[[ INPUT, beginning ]]

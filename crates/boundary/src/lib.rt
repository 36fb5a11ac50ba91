// The collector's state and its answers as plain numbers, the form in which they cross to C.
//
// A C function can neither take nor give an enum. So the phase and the store that is due stand as numbers, and what a call
// answers stands as its number, its store and its value: numbers for kinds and "0 for none" are the C interface. A state is
// written down so and read by `From`; a state whose numbers are none that are written down is not known. The parts of the
// state that hold no enum cross as they are.
#![tactic(auto)]

ghost use Rattle.std.specs.Prelude.{◌≡◌, cond, [], ◌∷◌};
ghost use Rattle.protocol.specs.Said.{refused, shown, shown_as};
ghost use Rattle.bus.specs.Answer.{said_by};
ghost use Rattle.heat.specs.Answer.{said_by as split_by};
ghost use Rattle.heat.specs.Plain.{plain_by};
ghost use Rattle.boundary.specs.Flat.{due_of, numbers, due_numbers, phase_of, phase_number, known_by, thaw, freeze};
ghost use Rattle.boundary.specs.Replies.{named, said_of, reply_of, not_a_state};

use bus::BusError;
use heat::{NoRoom, SplitError};
use protocol::{
    Answer, CheckpointStep, Due, Held, Journal, Outcome, Phase, Points, RecoverNumber, RecoverStep,
    State, Store, TruncateStep, Vault,
};
use table::{TABLE_LEN, Table};
use transaction::MIN_TEXT;

// The edition of the C interface: how many of the requests of document 02 it has.
pub const EDITION: u64 = 5;

// The store that is due: its kind, and the position, the lane and the checkpoint (0 the first, 1 the second) of a kind that
// has them. What a kind does not have is 0.
#[repr(C)]
#[derive(Clone, Copy, Debug, PartialEq, Eq)]
pub struct DueNumbers {
    pub position: u64,
    pub kind: u8,
    pub lane: u8,
    pub second: u8,
}

// The state. Phase 1 is cold, 2 recovering, 3 in service; so zeros are no state.
#[repr(C)]
#[derive(Clone, Copy)]
pub struct FlatState {
    pub vault: Vault,
    pub due: DueNumbers,
    pub table: Table,
    pub journal: Journal,
    pub points: Points,
    pub held: Held,
    pub key: [u8; 16],
    pub phase: u8,
}

// What a call says: number 0 with the store that it names and the bytes that it put out, or 01's number with the value
// returned with it.
#[repr(C)]
#[derive(Clone, Copy, Debug, PartialEq, Eq)]
pub struct Said {
    pub value: u64,
    pub len: u64,
    pub number: u8,
    pub store: u8,
    pub lane: u8,
}

// The state handed back, and what the call says.
#[repr(C)]
#[derive(Clone, Copy)]
pub struct Reply {
    pub state: FlatState,
    pub said: Said,
}

// ---- the store that is due, and the phase

// The due store of these numbers; nothing where the kind is none.
impl From<DueNumbers> for Due {
    ghost from_gives = { λ d r. r ≡ due_of d };

    #[tactic(auto, unfolding(crate::specs::Flat::due_of))]
    fn from(d: DueNumbers) -> Due {
        let position = d.position;
        let lane = d.lane;
        let second = d.second == 1;
        match d.kind {
            1 => Due::Record,
            2 => Due::Checkpoint {
                step: CheckpointStep::File,
            },
            3 => Due::Checkpoint {
                step: CheckpointStep::Version,
            },
            4 => Due::Truncate {
                position,
                step: TruncateStep::R { lane },
            },
            5 => Due::Truncate {
                position,
                step: TruncateStep::Delete,
            },
            6 => Due::Recover {
                step: RecoverStep::File { second },
            },
            7 => Due::Recover {
                step: RecoverStep::Number {
                    number: RecoverNumber::S { second },
                },
            },
            8 => Due::Recover {
                step: RecoverStep::Number {
                    number: RecoverNumber::N,
                },
            },
            9 => Due::Recover {
                step: RecoverStep::Number {
                    number: RecoverNumber::R { lane },
                },
            },
            10 => Due::Recover {
                step: RecoverStep::Number {
                    number: RecoverNumber::E,
                },
            },
            11 => Due::Recover {
                step: RecoverStep::Number {
                    number: RecoverNumber::V { lane },
                },
            },
            12 => Due::Recover {
                step: RecoverStep::Empty,
            },
            _ => Due::Nothing,
        }
    }
}

// The numbers of a kind, with what it has of the other fields.
fn numbers(kind: u8, position: u64, lane: u8, second: bool) -> DueNumbers
    ensures { result ≡ numbers kind position lane (cond second 1 0) }
{
    DueNumbers {
        position,
        kind,
        lane,
        second: u8::from(second),
    }
}

// The numbers of a due store.
impl From<Due> for DueNumbers {
    ghost from_gives = { λ d r. r ≡ due_numbers d };

    #[tactic(auto, unfolding(crate::specs::Flat::due_numbers))]
    fn from(d: Due) -> DueNumbers {
        match d {
            Due::Nothing => numbers(0, 0, 0, false),
            Due::Record => numbers(1, 0, 0, false),
            Due::Checkpoint { step } => match step {
                CheckpointStep::File => numbers(2, 0, 0, false),
                CheckpointStep::Version => numbers(3, 0, 0, false),
            },
            Due::Truncate { position, step } => match step {
                TruncateStep::R { lane } => numbers(4, position, lane, false),
                TruncateStep::Delete => numbers(5, position, 0, false),
            },
            Due::Recover { step } => match step {
                RecoverStep::File { second } => numbers(6, 0, 0, second),
                RecoverStep::Number { number } => match number {
                    RecoverNumber::S { second } => numbers(7, 0, 0, second),
                    RecoverNumber::N => numbers(8, 0, 0, false),
                    RecoverNumber::R { lane } => numbers(9, 0, lane, false),
                    RecoverNumber::E => numbers(10, 0, 0, false),
                    RecoverNumber::V { lane } => numbers(11, 0, lane, false),
                },
                RecoverStep::Empty => numbers(12, 0, 0, false),
            },
        }
    }
}

// The phase of a number; cold where it is none. No `From`: `Phase` and `u8` are both declared elsewhere.
#[tactic(auto, unfolding(crate::specs::Flat::phase_of))]
pub fn phase_of(p: u8) -> Phase
    ensures { result ≡ phase_of p }
{
    match p {
        2 => Phase::Recovering,
        3 => Phase::Serving,
        _ => Phase::Cold,
    }
}

// The number of a phase.
#[tactic(auto, unfolding(crate::specs::Flat::phase_number))]
pub fn phase_number(p: Phase) -> u8
    ensures { result ≡ phase_number p }
{
    match p {
        Phase::Cold => 1,
        Phase::Recovering => 2,
        Phase::Serving => 3,
    }
}

// ---- the state

// Whether a due store and a phase are written down so.
#[tactic(auto, unfolding(crate::specs::Flat::known_by, crate::specs::Flat::due_known, crate::specs::Flat::same_due, crate::specs::Flat::phase_known))]
pub fn known(d: DueNumbers, p: u8) -> bool
    ensures { result ≡ known_by d p }
{
    let due = DueNumbers::from(Due::from(d));
    let phase = phase_number(phase_of(p));
    (due == d) & (phase == p)
}

// The state that stands in these numbers.
impl From<FlatState> for State {
    ghost from_gives = { λ s r. r ≡ thaw s };

    #[tactic(auto, unfolding(crate::specs::Flat::thaw))]
    fn from(s: FlatState) -> State {
        let key = s.key;
        State {
            vault: s.vault,
            phase: phase_of(s.phase),
            due: Due::from(s.due),
            table: s.table,
            journal: s.journal,
            points: s.points,
            held: s.held,
            key,
        }
    }
}

// A state, written down.
impl From<State> for FlatState {
    ghost from_gives = { λ c r. r ≡ freeze c };

    #[tactic(auto, unfolding(crate::specs::Flat::freeze))]
    fn from(c: State) -> FlatState {
        let key = c.key;
        FlatState {
            vault: c.vault,
            due: DueNumbers::from(c.due),
            table: c.table,
            journal: c.journal,
            points: c.points,
            held: c.held,
            key,
            phase: phase_number(c.phase),
        }
    }
}

// ---- what a call says

// A store that is named, with so many bytes put out.
#[tactic(auto, unfolding(crate::specs::Replies::named))]
fn named(store: Store, len: u64) -> Said
    ensures { result ≡ named store len }
{
    let (store, lane, value) = match store {
        Store::Nothing => (0, 0, 0),
        Store::W { lane, value } => (1, lane, value),
        Store::V { lane, value } => (2, lane, value),
        Store::R { lane, value } => (3, lane, value),
        Store::E { value } => (4, 0, value),
        Store::S { value } => (5, 0, value),
        Store::N { value } => (6, 0, value),
        Store::Record { position } => (7, 0, position),
        Store::File => (8, 0, 0),
        Store::Delete { position } => (9, 0, position),
        Store::Empty => (10, 0, 0),
    };
    Said {
        value,
        len,
        number: 0,
        store,
        lane,
    }
}

// A number, and the value returned with it.
#[tactic(auto, unfolding(crate::specs::Replies::said_of))]
fn refused(number: u8, value: u64) -> Said
    ensures { result ≡ said_of (refused number (value ∷ [])) }
{
    Said {
        value,
        len: 0,
        number,
        store: 0,
        lane: 0,
    }
}

// What an outcome says.
impl From<Outcome> for Said {
    ghost from_gives = { λ o r. r ≡ said_of (shown o) };

    #[tactic(auto, unfolding(crate::specs::Replies::said_of, protocol::specs::Said::shown))]
    fn from(o: Outcome) -> Said {
        match o {
            Ok(t) => named(t.store, t.len as u64),
            Err(why) => refused(why.number(), why.value()),
        }
    }
}

// What a reply off the bus comes to.
impl From<Result<(), BusError>> for Said {
    ghost from_gives = { λ h r. r ≡ said_of (said_by h) };

    #[tactic(auto, unfolding(crate::specs::Replies::said_of, bus::specs::Answer::said_by))]
    fn from(h: Result<(), BusError>) -> Said {
        match h {
            Ok(()) => named(Store::Nothing, MIN_TEXT as u64),
            Err(why) => refused(why.number(), why.value()),
        }
    }
}

// What a heat split comes to.
impl From<Result<usize, SplitError>> for Said {
    ghost from_gives = { λ h r. r ≡ said_of (split_by h) };

    #[tactic(auto, unfolding(crate::specs::Replies::said_of, heat::specs::Answer::said_by))]
    fn from(h: Result<usize, SplitError>) -> Said {
        match h {
            Ok(len) => named(Store::Nothing, len as u64),
            Err(why) => refused(why.number(), why.value()),
        }
    }
}

// What a plain table comes to. Its one refusal has no enum to ask for its number.
impl From<Result<(), NoRoom>> for Said {
    ghost from_gives = { λ h r. r ≡ said_of (plain_by h) };

    #[tactic(auto, unfolding(crate::specs::Replies::said_of, heat::specs::Plain::plain_by))]
    fn from(h: Result<(), NoRoom>) -> Said {
        match h {
            Ok(()) => named(Store::Nothing, TABLE_LEN as u64),
            Err(NoRoom) => refused(3, TABLE_LEN as u64),
        }
    }
}

// The reply of a call that answered so.
impl From<Answer> for Reply {
    ghost from_gives = { λ a r. r ≡ reply_of (shown_as a []) };

    #[tactic(auto, unfolding(crate::specs::Replies::reply_of, protocol::specs::Said::shown_as))]
    fn from(a: Answer) -> Reply {
        Reply {
            state: FlatState::from(a.state),
            said: Said::from(a.outcome),
        }
    }
}

// The reply to a state that is not known: number 1, and the state as it came. No operation has seen it, so no `Refusal` says why.
#[tactic(auto, unfolding(crate::specs::Replies::not_a_state, crate::specs::Replies::said_of))]
pub fn not_a_state(s: FlatState) -> Reply
    ensures { result ≡ not_a_state s }
{
    Reply {
        state: s,
        said: refused(1, 0),
    }
}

[[ INPUT, end ]]

» **ABOUT THIS EXERCISE**:
In the listing above, please print only the lines from the first one to the line where "document 02 it has." appears, exactly as written, both of those lines included.

» **TASK RESULT**:
filename crates/boundary/src/lib.rt
repository 36fb5a11ac50ba91
// The collector's state and its answers as plain numbers, the form in which they cross to C.
//
// A C function can neither take nor give an enum. So the phase and the store that is due stand as numbers, and what a call
// answers stands as its number, its store and its value: numbers for kinds and "0 for none" are the C interface. A state is
// written down so and read by `From`; a state whose numbers are none that are written down is not known. The parts of the
// state that hold no enum cross as they are.
#![tactic(auto)]

ghost use Rattle.std.specs.Prelude.{◌≡◌, cond, [], ◌∷◌};
ghost use Rattle.protocol.specs.Said.{refused, shown, shown_as};
ghost use Rattle.bus.specs.Answer.{said_by};
ghost use Rattle.heat.specs.Answer.{said_by as split_by};
ghost use Rattle.heat.specs.Plain.{plain_by};
ghost use Rattle.boundary.specs.Flat.{due_of, numbers, due_numbers, phase_of, phase_number, known_by, thaw, freeze};
ghost use Rattle.boundary.specs.Replies.{named, said_of, reply_of, not_a_state};

use bus::BusError;
use heat::{NoRoom, SplitError};
use protocol::{
    Answer, CheckpointStep, Due, Held, Journal, Outcome, Phase, Points, RecoverNumber, RecoverStep,
    State, Store, TruncateStep, Vault,
};
use table::{TABLE_LEN, Table};
use transaction::MIN_TEXT;

// The edition of the C interface: how many of the requests of document 02 it has.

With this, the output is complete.